• Records from a data source:
....................
// The meaning of each cause of a refusal, and the form of each command: texts whose lines are rows.
use span_text::first_word;

/// A cause: the mark that shows it in the line, and what it means and what to do. `{}` is the place of a
/// limit's number, which the crate of that limit defines.
#[derive(Clone, Copy)]
pub struct Cause {
    pub mark: &'static str,
    pub why: &'static str,
}

// NAME~MARK~WHY. The first row counts whose name the reply's words after the number begin with. So `limit
// lines` comes before `limit line`.
const CAUSES: &str = "\
syntax~~
unknown~~nothing has this name: make it first, or mend the name
taken~~a view or a metric has this name, or it is the window's: take another one
limit lines~~groups have at most {} lines together: remove some
limit line~~a line has at most {} bytes: break it in two
limit name~~a name has at most {} bytes
limit views~~there are at most {} views, the window among them
limit depth~~views stand in each other at most {} deep, the window counted
limit metrics~~there are at most {} metrics
limit rows~~there are at most {} rows: remove some lines
limit terms~~a line has at most {} terms: break it in two
limit attributes~~a row has at most {} attributes: break the line in two
limit coefficient~~a multiplier is too large: take fractions with smaller parts
limit constant~~a constant's parts are too large: take one with smaller parts
limit budget~~a budget is at least 1 and at most 10^{}
kind align~align~the alignment runs along the format: take one across, as centerY for H:
kind parent~|~the window has no parent: leave the bar beside it out
kind object~~a view stands where a number must stand: name one of its attributes, or a metric
kind priority~@~a priority is a whole number from 1 to {}, a metric's value too
kind weight~weight~a weight is a whole number from 1 to {}
kind window~window~the window can't be dropped: leave the line out
kind suggested~@~a second suggestion of these words says no priority, or release first
kind sized~~a second size of a view says no priority, or unsize first
kind tree~{~an object has `name`, maybe `children`, a list of such; the first maybe `in`
kind sweep~~the first width is above the second, or no `window` line has said the size
conflict~~these rows, so many times each, add up to something false
overflow~~an exact number has grown too large: take fractions with smaller parts
spent~~the run made as many exchanges as the budget allows: raise it by `budget`
undo~~no change is left to take back";

// The cure if a tree's text is no JSON: TEXT~CURE, by the text at the place where it goes wrong.
const JSON: &str = "\
'~texts stand in `\"`
\u{201c}~texts stand in the `\"` of the keyboard
\u{201d}~texts stand in the `\"` of the keyboard
#~no comment stands there: it has a line of its own
//~no comment stands there: it has a line of its own
,~one tree stands in a line: write a line for each
{~a `,` is missing, or a second tree stands there, which has a line of its own
\"~a `,` is missing in front of it
=~between a key and what it has stands a `:`
;~between two keys stands a `,`
}~a `}` stands there too early, or behind a `,`
]~a `]` stands there too early, or behind a `,`
~keys and names are texts, in `\"`; between two stands a `,`, and each `{` and `[` is closed";

// The form of each command, as in `docs/LANGUAGE.md`.
const FORMS: &str = "\
view NAME (in NAME)?
tree JSON
drop NAME
metric NAME (-)? NUMBER
window NUMBER NUMBER
vfl NAME (align ALIGN)? format
constrain NAME expr rel expr (@ priority)? (weight WHOLE)?
remove NAME
suggest NAME.ATTR (-)? NUMBER (@ priority)?
release NAME.ATTR
undo
budget WHOLE
frames
rows
diagnose
certify
direction (ltr | rtl)
size NAME NUMBER NUMBER (hug priority)? (resist priority)?
unsize NAME
keep NAME
sweep width NUMBER NUMBER
why change";

// The text after the first `~` of the first row whose text before it begins the given one.
fn row_for(rows: &'static str, text: &str) -> &'static str {
    for row in rows.lines() {
        match row.split_once('~') {
            Some((head, rest)) if text.starts_with(head) => return rest,
            _ => (),
        }
    }
    ""
}

/// The cause that the reply's words after its number begin with.
pub fn cause_of(words: &str) -> Cause {
    match row_for(CAUSES, words).split_once('~') {
        Some((mark, why)) => Cause { mark, why },
        None => Cause { mark: "", why: "" },
    }
}

/// The form of the line's command; empty if its first word is no command.
pub fn form_of(line: &[u8]) -> &'static str {
    let (word, _) = first_word(line).unwrap_or((b"", b""));
    for form in FORMS.lines() {
        match first_word(form.as_bytes()) {
            Some((first, _)) if first == word => return form,
            _ => (),
        }
    }
    ""
}

/// The cure of a tree's text that is no JSON from here on.
pub(crate) fn json_cure(rest: &str) -> &'static str {
    if rest.is_empty() {
        "the text ends too early: each `{`, `[` and `\"` is closed by another"
    } else {
        row_for(JSON, rest)
    }
}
....................
Give back the records word for word. Start at the first line, end at the line containing "the place of a", and include both.

// The meaning of each cause of a refusal, and the form of each command: texts whose lines are rows.
use span_text::first_word;

/// A cause: the mark that shows it in the line, and what it means and what to do. `{}` is the place of a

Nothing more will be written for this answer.